17444367. SYSTEM AND METHOD FOR IMPROVING NAMED ENTITY RECOGNITION simplified abstract (Samsung Electronics Co., Ltd.)

From WikiPatents
Jump to navigation Jump to search

SYSTEM AND METHOD FOR IMPROVING NAMED ENTITY RECOGNITION

Organization Name

Samsung Electronics Co., Ltd.

Inventor(s)

Divya Neelagiri of Dublin CA (US)

Taeyeon Ki of Milpitas CA (US)

Vijendra Raj Apsingekar of San Jose CA (US)

SYSTEM AND METHOD FOR IMPROVING NAMED ENTITY RECOGNITION - A simplified explanation of the abstract

This abstract first appeared for US patent application 17444367 titled 'SYSTEM AND METHOD FOR IMPROVING NAMED ENTITY RECOGNITION

Simplified Explanation

The patent application describes a method for training a set of teacher models to transcribe audio samples and predict labeled datasets. The method involves training each teacher model to transcribe unlabeled audio samples and generate pseudo labeled datasets with multiple labels. Some of the audio samples contain named entity (NE) data, and the labels include transcribed NE labels corresponding to the NE data. The method also includes correcting the transcribed NE labels using user-specific NE textual data. The set of teacher models is then retrained based on the pseudo labeled dataset from the most accurate teacher model.

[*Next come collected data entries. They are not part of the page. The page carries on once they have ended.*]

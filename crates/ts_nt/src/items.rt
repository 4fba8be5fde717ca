// One character of an IRI or of a string, itself or by an escape.
ghost use Rattle.std.specs.Prelude.{◌≡◌, ℕ, ◌≤◌, ◌&&◌, nat_le, if◌then◌else◌, List, chars, length, take, drop};
ghost use Rattle.std.specs.Option.{option_map};
ghost use Rattle.ts_nt.specs.Items.{are_hex_digits, hex_number, numbered as numbered_of, uchar as uchar_of, echar as echar_of, escape as escape_of, iri_item as iri_item_of, string_item as string_item_of};

use ts_model::{is_direct_in_iri, split_char};

/// A character of an IRI at the front of a text, and the text after it.
#[tactic(auto, using(crate::proofs::Characters::no_characters), unfolding(crate::specs::Items::iri_item))]
pub fn iri_item(text: &str) -> Option<(char, &str)>
    ensures { option_map (λ found. (found.0, chars found.1.now)) result ≡ iri_item_of (chars text.now) }
{
    let (c, rest) = split_char(text)?;
    if c == '\\' {
        uchar(rest)
    } else if is_direct_in_iri(c) {
        Some((c, rest))
    } else {
        None
    }
}

/// A character of a string at the front of a text, and the text after it.
#[tactic(auto, using(crate::proofs::Characters::no_characters), unfolding(crate::specs::Items::string_item))]
pub fn string_item(text: &str) -> Option<(char, &str)>
    ensures { option_map (λ found. (found.0, chars found.1.now)) result ≡ string_item_of (chars text.now) }
{
    let (c, rest) = split_char(text)?;
    match c {
        '\\' => escape(rest),
        '"' | '\n' | '\r' => None,
        _ => Some((c, rest)),
    }
}

/// An ECHAR or a UCHAR, behind its backslash.
#[tactic(auto, using(crate::proofs::Characters::no_characters), unfolding(crate::specs::Items::escape))]
fn escape(text: &str) -> Option<(char, &str)>
    ensures { option_map (λ found. (found.0, chars found.1.now)) result ≡ escape_of (chars text.now) }
{
    let (c, rest) = split_char(text)?;
    match echar(c) {
        Some(character) => Some((character, rest)),
        None => uchar(text),
    }
}

/// An ECHAR, behind its backslash.
#[tactic(auto, unfolding(crate::specs::Items::echar))]
fn echar(c: char) -> Option<char>
    ensures { result ≡ echar_of c }
{
    match c {
        't' => Some('\t'),
        'b' => Some('\u{8}'),
        'n' => Some('\n'),
        'r' => Some('\r'),
        'f' => Some('\u{C}'),
        '"' | '\'' | '\\' => Some(c),
        _ => None,
    }
}

/// A UCHAR, behind its backslash.
#[tactic(auto, using(crate::proofs::Characters::no_characters), unfolding(crate::specs::Items::uchar))]
fn uchar(text: &str) -> Option<(char, &str)>
    ensures { option_map (λ found. (found.0, chars found.1.now)) result ≡ uchar_of (chars text.now) }
{
    let (c, digits) = split_char(text)?;
    match c {
        'u' => numbered(digits, 4),
        'U' => numbered(digits, 8),
        _ => None,
    }
}

/// The character that so many hexadecimal digits number, and the text after them.
#[tactic(auto, unfolding(crate::specs::Items::numbered))]
fn numbered(text: &str, count: u32) -> Option<(char, &str)>
    requires { count ≤ 8 }
    ensures { option_map (λ found. (found.0, chars found.1.now)) result ≡ numbered_of count (chars text.now) }
{
    let (number, rest) = hex_digits(text, count)?;
    let c = char::from_u32(number)?;
    Some((c, rest))
}

/// The number that so many hexadecimal digits write, and the text after them.
fn hex_digits(text: &str, count: u32) -> Option<(u32, &str)>
    requires { count ≤ 8 }
    ensures { let text = chars text.now in
        option_map {U = ℕ × List ℕ} (λ found. (found.0, chars found.1.now)) result
        ≡ (if nat_le count (length text) && are_hex_digits (take count text) then Some (hex_number 0 (take count text), drop count text) else None) }
{
    let mut number = 0;
    let mut rest = text;
    for _ in 0..count {
        let (c, after) = split_char(rest)?;
        number = number * 16 + c.to_digit(16)?;
        rest = after;
    }
    Some((number, rest))
}
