// Literals, and terms of each kind, at the front of a text.
ghost use Rattle.std.specs.Prelude.{◌≡◌, chars, string_bytes, length, IfOk, IfSome, IfNone, List, ◌∷◌, ◌++◌, ℕ};
ghost use Rattle.std.specs.Option.{option_map};
ghost use Rattle.std.specs.String.Boundary.{IsSplitPoint};
ghost use Rattle.ts_nt.specs.Reading.{Finds};
ghost use Rattle.ts_nt.specs.Terms.{EndingAt, LiteralAt, TermAt, TypeAt, type_ending};

use crate::delimited::{read_iri, read_string};
use crate::front::after_char;
use crate::verbatim::{read_label, read_tag};
use std::alloc::{AllocError, Global};
use ts_model::TermKind;

/// The ending of a literal whose type is a string's, which is not written.
const STRING_TYPE: &[u8] = b"^^<http://www.w3.org/2001/XMLSchema#string>";

/// The canonical spelling of the term at the front of a text, and the text after it.
pub fn read_term_at(
    alloc: Global,
    text: &str,
    kind: TermKind,
) -> Result<Option<(Vec<u8>, &str)>, AllocError>
    ensures some { IfOk result (λ found. IfSome found (λ term. TermAt kind (chars text.now) term.0.items (chars term.1.now))) }
    ensures none { IfOk result (λ found. IfNone found ((spelling rest : List ℕ) → TermAt kind (chars text.now) spelling rest → ⊥)) }
{
    let mut spelling = String::new(alloc);
    match append_term(text, kind, &mut spelling)? {
        Some(rest) => Ok(Some((spelling.into_bytes(), rest))),
        None => Ok(None),
    }
}

/// Appends the canonical spelling of the term at the front of a text, and gives the text after it.
fn append_term<'a>(
    text: &'a str,
    kind: TermKind,
    into: &mut String,
) -> Result<Option<&'a str>, AllocError>
    ensures { IfOk result (λ found. Finds (TermAt kind) (chars text.now) (string_bytes into.old) (string_bytes into.new) (option_map (λ rest. chars rest.now) found)) }
{
    match kind {
        TermKind::Node => read_node(text, into),
        TermKind::Predicate => read_iri(text, into),
        TermKind::Value => read_literal(text, into),
    }
}

/// Appends the canonical spelling of the IRI or the blank label at the front of a text, and gives the text after it.
fn read_node<'a>(text: &'a str, into: &mut String) -> Result<Option<&'a str>, AllocError>
    ensures { IfOk result (λ found. Finds (TermAt TermKind.Node) (chars text.now) (string_bytes into.old) (string_bytes into.new) (option_map (λ rest. chars rest.now) found)) }
{
    match after_char(text, '_') {
        Some(_) => read_label(text, into),
        None => read_iri(text, into),
    }
}

/// Appends the canonical spelling of the literal at the front of a text, and gives the text after it.
fn read_literal<'a>(text: &'a str, into: &mut String) -> Result<Option<&'a str>, AllocError>
    ensures { IfOk result (λ found. Finds LiteralAt (chars text.now) (string_bytes into.old) (string_bytes into.new) (option_map (λ rest. chars rest.now) found)) }
{
    match read_string(text, into)? {
        Some(behind) => read_ending(behind, into),
        None => Ok(None),
    }
}

/// Appends what follows the string of a literal, and gives the text after it.
fn read_ending<'a>(text: &'a str, into: &mut String) -> Result<Option<&'a str>, AllocError>
    ensures { IfOk result (λ found. Finds EndingAt (chars text.now) (string_bytes into.old) (string_bytes into.new) (option_map (λ rest. chars rest.now) found)) }
{
    if let Some(behind) = after_char(text, '^') {
        return read_type(behind, into);
    }
    match after_char(text, '@') {
        Some(_) => read_tag(text, into),
        None => Ok(Some(text)),
    }
}

/// Appends the type of a literal at the front of a text whose first `^` is taken, and gives the text after it.
fn read_type<'a>(text: &'a str, into: &mut String) -> Result<Option<&'a str>, AllocError>
    ensures { IfOk result (λ found. Finds TypeAt (0x5E ∷ chars text.now) (string_bytes into.old) (string_bytes into.new) (option_map (λ rest. chars rest.now) found)) }
{
    match after_char(text, '^') {
        Some(behind) => append_type(behind, into),
        None => Ok(None),
    }
}

/// Appends `^^` and the IRI at the front of a text, or nothing where it is the type of strings, and gives the text after it.
fn append_type<'a>(text: &'a str, into: &mut String) -> Result<Option<&'a str>, AllocError>
    ensures { IfOk result (λ found. Finds TypeAt (0x5E ∷ 0x5E ∷ chars text.now) (string_bytes into.old) (string_bytes into.new) (option_map (λ rest. chars rest.now) found)) }
{
    let start = into.len();
    into.push_str("^^")?;
    match read_iri(text, into)? {
        Some(rest) => {
            drop_string_type(into, start);
            Ok(Some(rest))
        }
        None => Ok(None),
    }
}

/// Drops the type that begins at `start` where it is the type of strings.
fn drop_string_type(into: &mut String, start: usize)
    requires { IsSplitPoint (string_bytes into.old) start }
    ensures { (front iri : List ℕ) → string_bytes into.old ≡ front ++ 0x5E ∷ 0x5E ∷ iri → length front ≡ start → string_bytes into.new ≡ front ++ type_ending iri }
{
    if &into.as_bytes()[start..] == STRING_TYPE {
        into.truncate(start);
    }
}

  • The method involves training teacher models to transcribe audio samples and predict labeled datasets.
  • Unlabeled audio samples are used to train the teacher models.
  • The teacher models generate pseudo labeled datasets with multiple labels.
  • Some of the audio samples contain named entity (NE) data.
  • The labels include transcribed NE labels corresponding to the NE data.
  • User-specific NE textual data is used to correct the transcribed NE labels.
  • The teacher models are retrained based on the pseudo labeled dataset from the most accurate teacher model.

Potential Applications

  • Speech recognition systems
  • Natural language processing applications
  • Transcription services
  • Language learning tools

Problems Solved

  • Lack of labeled audio data for training speech recognition models
  • Difficulty in transcribing named entities accurately in audio samples
  • Need for user-specific corrections in transcribed labels

Benefits

  • Improved accuracy of transcribing audio samples
  • Efficient training of speech recognition models
  • Customizable transcription based on user-specific data


Original Abstract Submitted

A method includes training a set of teacher models. Training the set of teacher models includes, for each individual teacher model of the set of teacher models, training the individual teacher model to transcribe unlabeled audio samples and predict a pseudo labeled dataset having multiple labels. At least some of the unlabeled audio samples contain named entity (NE) audio data. At least some of the labels include transcribed NE labels corresponding to the NE audio data. The method also includes correcting at least some of the transcribed NE labels using user-specific NE textual data. The method further includes retraining the set of teacher models based on the pseudo labeled dataset from a selected one of the teacher models, where the selected one of the teacher models predicts the pseudo labeled dataset more accurately than other teacher models of the set of teacher models.